Spot Ether ETF Approval Proves ETH is Not a Security
The recent approval of spot ETH ETFs potentially confirms Ether’s status as a non-security, according to industry experts.
As reported, Bloomberg ETF analyst James Seyffart has said that the approval of these commodity-based trust shares implies that the SEC explicitly recognizes Ether as not being a security.
Seyffart further suggested that this recognition could extend to other tokens as well, solidifying their classification as commodities.
Digital asset lawyer Justin Browder echoed Seyffart’s sentiment, stating that if Ether ETFs receive S-1 approval, which is the final requirement for them to begin trading, it would settle the debate once and for all, affirming that ETH is indeed not a security.
This is a key point.

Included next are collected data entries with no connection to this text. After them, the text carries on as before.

// Section 6. Start: the last safe offset after a newline, at or before an offset, else 0.
fn region_start(source: &Source, o: SourceOffset, words: &mut [u32]) -> SourceOffset
    requires inside { o.0 ≤ length source.now.text.now }
    requires window { Window (pairs_in source.now) words.old }
    ensures value { result.0 ≡ region_start_in source.now.text.now (nodes_in source.now) (pairs_in source.now) o.0 }
    ensures window_2 { Window (pairs_in source.now) words.new }
{
    if ends_behind_newline(source.text, o) {
        return o;
    }
    let d = depths_before(source, o);
    let c = last_cut(source, d, o, words);
    if 0 < c.0 {
        return c;
    }
    if d.unmatched == 0 {
        return SourceOffset(0);
    }
    let start = records::node_start(source.tape, source.nodes.at + NODE_SIZE * (d.unmatched - 1));
    last_cut_before(source, o.min(start), words)
}

// A source inside whose text the nodes lie, and an edit of that text.
#[derive(Clone, Copy)]
pub struct Edited<'a> {
    pub source: Source<'a>,
    pub start: SourceOffset,
    pub end: SourceOffset,
    pub replacement: &'a [u8],
    pub ghost nodes_in: { NodesIn (length source.text.now) (nodes_of source.tape.now source.nodes) },
    pub ghost start_inside: { start.0 ≤ length source.text.now },
    pub ghost end_inside: { end.0 ≤ length source.text.now },
}

// Where fewer words than these are lent, the region is found by as many that are not lent: with a small window the pairs are walked more often.
const WINDOW_WORDS: usize = 16384;

// The same where there are many pairs.
const WIDE_WINDOW_WORDS: usize = 65536;

const MANY_PAIRS: usize = 8192;
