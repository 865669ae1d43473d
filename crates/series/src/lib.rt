// Models from power series Σ p_k·x^k.
#![tactic(auto)]

pub mod convert;
pub mod table;
pub mod types;
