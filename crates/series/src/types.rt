// A power series: its degree, and the coefficients of x^0 to x^32 in units of 1/S.
use model::types::COEFFICIENTS;

// Kept beside Candidate, which has the same fields: these numbers stand for powers, those for T_0 to T_32.
#[derive(Clone, Copy)]
pub struct Series {
    pub degree: u32,
    pub coefficients: [i32; COEFFICIENTS],
}
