// A model from a power series: its terms expanded in T_0 to T_32 by the table, and the sums rounded.
ghost use Rattle.std.specs.Prelude.{◌≡◌, true, IfOk};
ghost use Rattle.ring.specs.definitions.Integer.{ℤ_ring};
ghost use Rattle.chebyshev.specs.definitions.Coefficients.{add_lists, scale_list};
ghost use Rattle.model.specs.definitions.InnerContracts.{unless_large};
ghost use Rattle.model.specs.definitions.Outcomes.{outcome_of};
ghost use Rattle.series.specs.definitions.Convert.{good_series, expanded_from, series_model, conversion};
ghost use Rattle.series.specs.definitions.Promise.{SeriesAllowed};
ghost use Rattle.series.specs.definitions.InnerContracts.{Addable, Expandable};

use crate::table::expansion_table;
use crate::types::Series;
use integer::rounding::up_unsigned;
use model::measure::checked_candidate;
use model::round::round;
use model::types::{COEFFICIENTS, Candidate, Interval, Model, Refusal};

// One unit of a coefficient in the sums.
const UNIT: i64 = 4294967296;

// p times a row, added to the sums. Every other entry of a row is zero, and is passed over.
fn add_multiple(sums: &mut [i64], p: i64, row: &[i64])
    requires { Addable sums.old p row.now }
    ensures { sums.new ≡ add_lists ℤ_ring sums.old (scale_list ℤ_ring p row.now) }
{
    for j in (1 - row.len() % 2..row.len()).step_by(2) {
        sums[j] = sums[j] + p * row[j];
    }
}

// The terms p_k·x^k expanded by the table, added to the sums. Row k ends at place k.
// Kept: the rows lie in one list, as the definition `expansion_table` has them.
fn add_expanded(sums: &mut [i64], terms: &[i32], table: &[i64])
    requires { Expandable sums.old terms.now table.now }
    ensures { sums.new ≡ add_lists ℤ_ring sums.old (expanded_from 0 terms.now) }
{
    for (k, p) in terms.iter().enumerate() {
        let start = COEFFICIENTS * k;
        add_multiple(sums, *p as i64, &table[start..start + k + 1]);
    }
}

// Of a series within its limits.
fn convert_good(s: Series) -> Result<Model, Refusal>
    requires { good_series s ≡ true }
    ensures { outcome_of result ≡ unless_large (series_model s) }
{
    let table = expansion_table();
    let mut sums = [0i64; COEFFICIENTS];
    let count = s.degree as usize + 1;
    add_expanded(&mut sums, &s.coefficients[..count], &table);
    let rounded = round(&sums[..count], count, UNIT);
    let radius = up_unsigned(rounded.loss, UNIT as u64);
    let interval = Interval::standard();
    Model::formed(
        s.degree,
        rounded.coefficients,
        rounded.weight,
        radius,
        interval,
    )
}

// The last clause is what is promised of a converted model.
pub fn from_series(s: Series) -> Result<Model, Refusal>
    ensures result_value { outcome_of result ≡ conversion s }
    ensures series_allowed { IfOk result (λ m. SeriesAllowed s m) }
{
    let coefficients = s.coefficients;
    let candidate = Candidate {
        degree: s.degree,
        coefficients,
    };
    match checked_candidate(candidate) {
        Ok(_) => convert_good(s),
        Err(_) => Err(Refusal::BadSeries),
    }
}
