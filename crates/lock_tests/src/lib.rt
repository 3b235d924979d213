//! Tests of turns, on a list of numbers, in one thread and in many. They stand here and not in `turn_lock`, since a crate with
//! tests is proved twice.
//!
//! - `numbers`: the list
//! - `threads`: turns of many threads
//! - `turns`: the tests
#![tactic(auto)]

#[cfg(test)]
mod numbers;
#[cfg(test)]
mod threads;
#[cfg(test)]
mod turns;
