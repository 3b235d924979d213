//! A list of numbers that takes no memory once it is made.
ghost use Rattle.std.specs.Prelude.{◌≡◌, ◌++◌, ◌⊎◌, [], ◌∷◌, vec_capacity, IfOk};

use std::alloc::{AllocError, Global};
use turn_lock::Journaled;

/// Its base is its room, and its entries are the numbers.
#[derive(Drop)]
pub struct Numbers {
    pub list: Vec<u32>,
}

impl Journaled for Numbers {
    type Base = usize;

    type Item = u32;

    ghost base = { λ s. vec_capacity s.list };

    ghost entries = { λ s. s.list.items };

    fn count(&self) -> u64 {
        self.list.len() as u64
    }
}

impl Numbers {
    /// No numbers, with room for so many.
    pub fn new(alloc: Global, room: usize) -> Result<Numbers, AllocError>
        ensures { IfOk result (λ n. n.list.items ≡ []) }
    {
        Ok(Numbers {
            list: Vec::with_capacity(alloc, room)?,
        })
    }

    /// Adds a number, if there is room.
    pub fn add(&mut self, x: u32)
        ensures base { vec_capacity self.new.list ≡ vec_capacity self.old.list }
        ensures items { (self.new.list.items ≡ self.old.list.items) ⊎ (self.new.list.items ≡ self.old.list.items ++ x ∷ []) }
    {
        if self.list.len() < self.list.capacity() {
            self.list.push_reserved(x);
        }
    }
}
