//! Turns of many threads.
ghost use Rattle.std.specs.Prelude.{◌≡◌, ℕ, ◌+◌, ◌*◌, ◌<◌, ◌≤◌, ◌^◌, slice_get, Some, length, All};
ghost use Rattle.turn_lock.specs.Handles.{AllOut, IsPassOf, IsOut};

use crate::numbers::Numbers;
use std::sync::Wait;
use std::sync::atomic::{AtomicU64, Ordering};
use std::thread;
use std::thread::Threads;
use turn_lock::{Pass, TurnLock};

// One turn that adds a number.
fn add<R: Wait>(rt: &R, lock: &TurnLock<Numbers>, pass: &mut Pass<Numbers>, x: u32)
    requires { IsPassOf lock.now pass.old × IsOut pass.old }
    ensures { IsPassOf lock.now pass.new × IsOut pass.new }
{
    let mut turn = lock.enter(rt, pass);
    turn.value().add(x);
    lock.leave(turn, pass);
}

// 1,000 turns, which add every `step`th number from `from` on.
fn add_thousand<R: Wait>(
    rt: &R,
    lock: &TurnLock<Numbers>,
    pass: &mut Pass<Numbers>,
    from: u32,
    step: u32,
)
    requires { IsPassOf lock.now pass.old × IsOut pass.old × (from < 64) × (step ≤ 64) }
    ensures { IsPassOf lock.now pass.new × IsOut pass.new }
{
    for k in 0..1000 {
        add(rt, lock, pass, from + step * k);
    }
}

/// Each pass has a thread, which adds 1,000 numbers that leave the thread's number modulo how many there are.
pub fn all_add<R: Threads + Wait + Sync>(
    rt: &R,
    lock: &TurnLock<Numbers>,
    passes: &mut [Pass<Numbers>],
)
    requires count { (0 < length passes.old) × (length passes.old ≤ 64) }
    requires passes { AllOut lock.now passes.old }
    ensures passes { AllOut lock.now passes.new }
{
    let step = passes.len() as u32;
    thread::for_each_mut(
        rt,
        passes,
        64,
        &|i, pass| { add_thousand(rt, lock, pass, i as u32, step) },
    );
}

/// What two threads tell each other.
#[derive(Drop)]
pub struct Signs {
    pub inside: AtomicU64,
    pub glanced: AtomicU64,
    pub seen: AtomicU64,
}

// Thread 0 is inside until it has seen that thread 1 glanced.
fn side<R: Wait>(
    rt: &R,
    lock: &TurnLock<Numbers>,
    number: usize,
    pass: &mut Pass<Numbers>,
    signs: &Signs,
)
    requires { IsPassOf lock.now pass.old × IsOut pass.old }
    ensures { IsPassOf lock.now pass.new × IsOut pass.new }
{
    if number == 0 {
        let turn = lock.enter(rt, pass);
        signs.inside.store(1, Ordering::SeqCst);
        for _ in 0..100_000_000 {
            if signs.glanced.load(Ordering::SeqCst) == 1 {
                signs.seen.store(1, Ordering::SeqCst);
                break;
            }
        }
        lock.leave(turn, pass);
    } else {
        for _ in rt.forever() {
            if signs.inside.load(Ordering::SeqCst) == 1 {
                break;
            }
            thread::yield_now();
        }
        lock.glance(pass);
        signs.glanced.store(1, Ordering::SeqCst);
    }
}

/// Thread 1 glances while thread 0 has the turn.
pub fn both_sides<R: Threads + Wait + Sync>(
    rt: &R,
    lock: &TurnLock<Numbers>,
    passes: &mut [Pass<Numbers>],
    signs: &Signs,
)
    requires { AllOut lock.now passes.old }
    ensures { AllOut lock.now passes.new }
{
    thread::for_each_mut(rt, passes, 2, &|i, pass| side(rt, lock, i, pass, signs));
}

The reason the approval of the spot ETH ETFs is a clear indication that the SEC does not consider ETH a security is because funds whose assets are 40% or more securities may not register through a Form S-1; rather, they are considered investment companies and… https://t.co/Q2MkMsrqNg
— TuongVy Le 🗽🔭🍕🦄 (@TuongvyLe12) May 23, 2024
Adam Cochran, a partner at venture capital firm Cinneamhain Ventures, took the argument a step further, suggesting that this line of thinking could be applied to tokens of other projects as well.
On May 23, the SEC officially approved 19b-4 applications from VanEck, BlackRock, Fidelity, Grayscale, Franklin Templeton, ARK 21Shares, Invesco Galaxy, and Bitwise for issuing spot Ether ETFs.
Notably, several ETF issuers removed staking from their final amendments.
Seyffart predicts that the S-1 approvals could be granted in a “couple of weeks,” although he acknowledges that the process may take longer, typically spanning up to five months.
However, fellow Bloomberg ETF analyst Eric Balchunas believes that a mid-June launch is certainly possible.